>>>>

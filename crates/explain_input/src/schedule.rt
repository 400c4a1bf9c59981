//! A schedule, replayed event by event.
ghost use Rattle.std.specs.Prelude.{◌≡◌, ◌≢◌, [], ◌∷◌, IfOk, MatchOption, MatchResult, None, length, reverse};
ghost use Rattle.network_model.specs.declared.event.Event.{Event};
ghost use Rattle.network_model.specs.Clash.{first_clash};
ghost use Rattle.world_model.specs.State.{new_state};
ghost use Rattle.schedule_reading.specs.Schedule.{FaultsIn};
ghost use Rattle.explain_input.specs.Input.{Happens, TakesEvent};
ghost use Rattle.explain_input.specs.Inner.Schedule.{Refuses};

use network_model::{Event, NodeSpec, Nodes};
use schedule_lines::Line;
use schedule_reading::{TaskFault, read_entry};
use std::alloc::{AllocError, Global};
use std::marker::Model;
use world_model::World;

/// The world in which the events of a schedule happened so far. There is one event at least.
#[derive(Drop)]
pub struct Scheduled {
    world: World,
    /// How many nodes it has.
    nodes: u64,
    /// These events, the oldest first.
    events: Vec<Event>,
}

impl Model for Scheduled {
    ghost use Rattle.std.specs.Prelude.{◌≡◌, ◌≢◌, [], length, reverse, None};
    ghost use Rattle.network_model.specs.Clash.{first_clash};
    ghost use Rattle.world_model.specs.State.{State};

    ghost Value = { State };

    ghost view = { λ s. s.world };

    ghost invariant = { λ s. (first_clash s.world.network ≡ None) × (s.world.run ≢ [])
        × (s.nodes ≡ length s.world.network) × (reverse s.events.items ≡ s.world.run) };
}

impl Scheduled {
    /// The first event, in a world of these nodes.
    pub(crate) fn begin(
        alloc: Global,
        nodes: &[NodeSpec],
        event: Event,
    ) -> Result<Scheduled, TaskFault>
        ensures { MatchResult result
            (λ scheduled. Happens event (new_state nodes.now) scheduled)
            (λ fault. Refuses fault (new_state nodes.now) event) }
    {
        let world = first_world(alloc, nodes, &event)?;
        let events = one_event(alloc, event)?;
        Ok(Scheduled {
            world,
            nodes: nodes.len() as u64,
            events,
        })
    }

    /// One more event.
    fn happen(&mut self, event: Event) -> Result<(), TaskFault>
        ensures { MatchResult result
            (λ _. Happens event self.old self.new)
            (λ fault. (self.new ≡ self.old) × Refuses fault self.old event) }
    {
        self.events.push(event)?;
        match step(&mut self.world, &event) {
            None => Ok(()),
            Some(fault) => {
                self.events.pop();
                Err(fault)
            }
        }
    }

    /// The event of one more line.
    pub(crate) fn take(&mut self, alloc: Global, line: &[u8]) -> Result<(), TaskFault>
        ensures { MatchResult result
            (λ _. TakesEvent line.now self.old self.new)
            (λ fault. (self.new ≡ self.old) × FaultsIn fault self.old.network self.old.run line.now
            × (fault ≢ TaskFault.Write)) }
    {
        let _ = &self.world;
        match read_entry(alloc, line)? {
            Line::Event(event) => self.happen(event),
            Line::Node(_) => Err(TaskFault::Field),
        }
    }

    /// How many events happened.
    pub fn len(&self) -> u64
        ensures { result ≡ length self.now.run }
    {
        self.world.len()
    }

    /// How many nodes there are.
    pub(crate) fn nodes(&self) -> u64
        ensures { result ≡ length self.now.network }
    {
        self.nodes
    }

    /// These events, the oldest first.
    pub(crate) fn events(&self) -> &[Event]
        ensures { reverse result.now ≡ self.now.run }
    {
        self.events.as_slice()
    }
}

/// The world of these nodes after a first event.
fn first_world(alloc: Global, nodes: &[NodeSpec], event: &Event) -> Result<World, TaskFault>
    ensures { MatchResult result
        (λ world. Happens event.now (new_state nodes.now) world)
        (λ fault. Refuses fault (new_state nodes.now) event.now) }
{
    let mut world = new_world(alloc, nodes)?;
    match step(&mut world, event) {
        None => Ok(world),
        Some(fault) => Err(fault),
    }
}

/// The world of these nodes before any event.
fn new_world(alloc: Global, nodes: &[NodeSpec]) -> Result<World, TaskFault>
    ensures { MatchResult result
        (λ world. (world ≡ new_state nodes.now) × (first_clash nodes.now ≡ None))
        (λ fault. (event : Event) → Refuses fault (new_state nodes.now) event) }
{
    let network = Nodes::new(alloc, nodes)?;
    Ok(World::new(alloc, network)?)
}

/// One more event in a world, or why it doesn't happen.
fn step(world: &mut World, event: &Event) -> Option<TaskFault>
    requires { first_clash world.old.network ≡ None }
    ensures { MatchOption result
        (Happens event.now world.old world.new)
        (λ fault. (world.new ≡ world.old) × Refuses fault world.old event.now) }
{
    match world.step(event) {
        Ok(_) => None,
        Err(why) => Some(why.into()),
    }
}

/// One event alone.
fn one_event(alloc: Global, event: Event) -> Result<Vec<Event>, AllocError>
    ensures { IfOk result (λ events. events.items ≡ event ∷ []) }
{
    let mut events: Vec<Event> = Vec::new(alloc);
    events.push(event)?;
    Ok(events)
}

<<<<

▶ **Work item**
Write out only what runs from the line holding "fn one_event(alloc: Global, event: Event)" through the last line of the records, exactly as shown.

▶ **Response below**
fn one_event(alloc: Global, event: Event) -> Result<Vec<Event>, AllocError>
    ensures { IfOk result (λ events. events.items ≡ event ∷ []) }
{
    let mut events: Vec<Event> = Vec::new(alloc);
    events.push(event)?;
    Ok(events)
}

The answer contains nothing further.